::: Listed entries

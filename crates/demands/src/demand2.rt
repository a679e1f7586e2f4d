// Demand 2: containment is decided over all databases, answers are those of conjunctive queries, and files and records come back as they were.
ghost use Rattle.demands.specs.Demand2.{Decides, Evaluates, FileComesBack, RecordComesBack, RecordComesBackAlone};

use comparison::Verdict;
use record::{Outcome, Record};
use refusals::Refusal;

// Contained exactly when it is so on every database that obeys the dependencies; otherwise one is shown on which it is not.
pub fn compare(given: Record, p: usize, q: usize) -> Result<Verdict, Refusal>
    ensures { Decides given p q result }
{
    comparison::compare(given, p, q)
}

// The answers are those of conjunctive queries over finite tables, ascending, each once.
pub fn evaluate(
    given: Record,
    place: usize,
    words: &[u32],
    buffer: &mut [u32],
) -> Result<usize, Refusal>
    ensures { Evaluates given place words.now buffer.old buffer.new result }
{
    database::evaluate(given, place, words, buffer)
}

// The same in lent memory.
// Kept as it is: the C interface lends each buffer apart.
pub fn evaluate_lent(
    given: Record,
    place: usize,
    words: &[u32],
    buffer: &mut [u32],
    index: &mut [u32],
    states: &mut [u32],
    batch: &mut [u32],
    scratch: &mut [u32],
) -> Result<usize, Refusal>
    ensures { Evaluates given place words.now buffer.old buffer.new result }
{
    database::evaluate_lent(given, place, words, buffer, index, states, batch, scratch)
}

// A file that is read, and its record written: the same bytes.
pub fn write_back(file: &[u8], buffer: &mut [u8]) -> Result<usize, Refusal>
    ensures { FileComesBack file.now buffer.old buffer.new result }
{
    let read = file::read(file);
    read.answer?;
    file::write(read.record, buffer)
}

// A record that is written, and its file read: the same record.
pub fn read_back(given: Record, buffer: &mut [u8]) -> Outcome
    ensures { RecordComesBack given buffer.old result }
{
    match file::write(given, buffer) {
        Ok(n) => file::read(&buffer[..n]),
        Err(refusal) => Outcome {
            answer: Err(refusal),
            record: given,
        },
    }
}

// A file that is read as the exported calls read it, and its record written: the same bytes.
pub fn write_record_back(file: &[u8], buffer: &mut [u8]) -> Result<usize, Refusal>
    ensures { FileComesBack file.now buffer.old buffer.new result }
{
    let read = file::read_record(file)?;
    file::write(read, buffer)
}

// A record that is written, and its file read as the exported calls read it: the same record.
pub fn read_record_back(given: Record, buffer: &mut [u8]) -> Result<Record, Refusal>
    ensures { RecordComesBackAlone given buffer.old result }
{
    let n = file::write(given, buffer)?;
    file::read_record(&buffer[..n])
}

::::::

Problem: Report each line above that includes the string "states".

Task output:
    states: &mut [u32],
    database::evaluate_lent(given, place, words, buffer, index, states, batch, scratch)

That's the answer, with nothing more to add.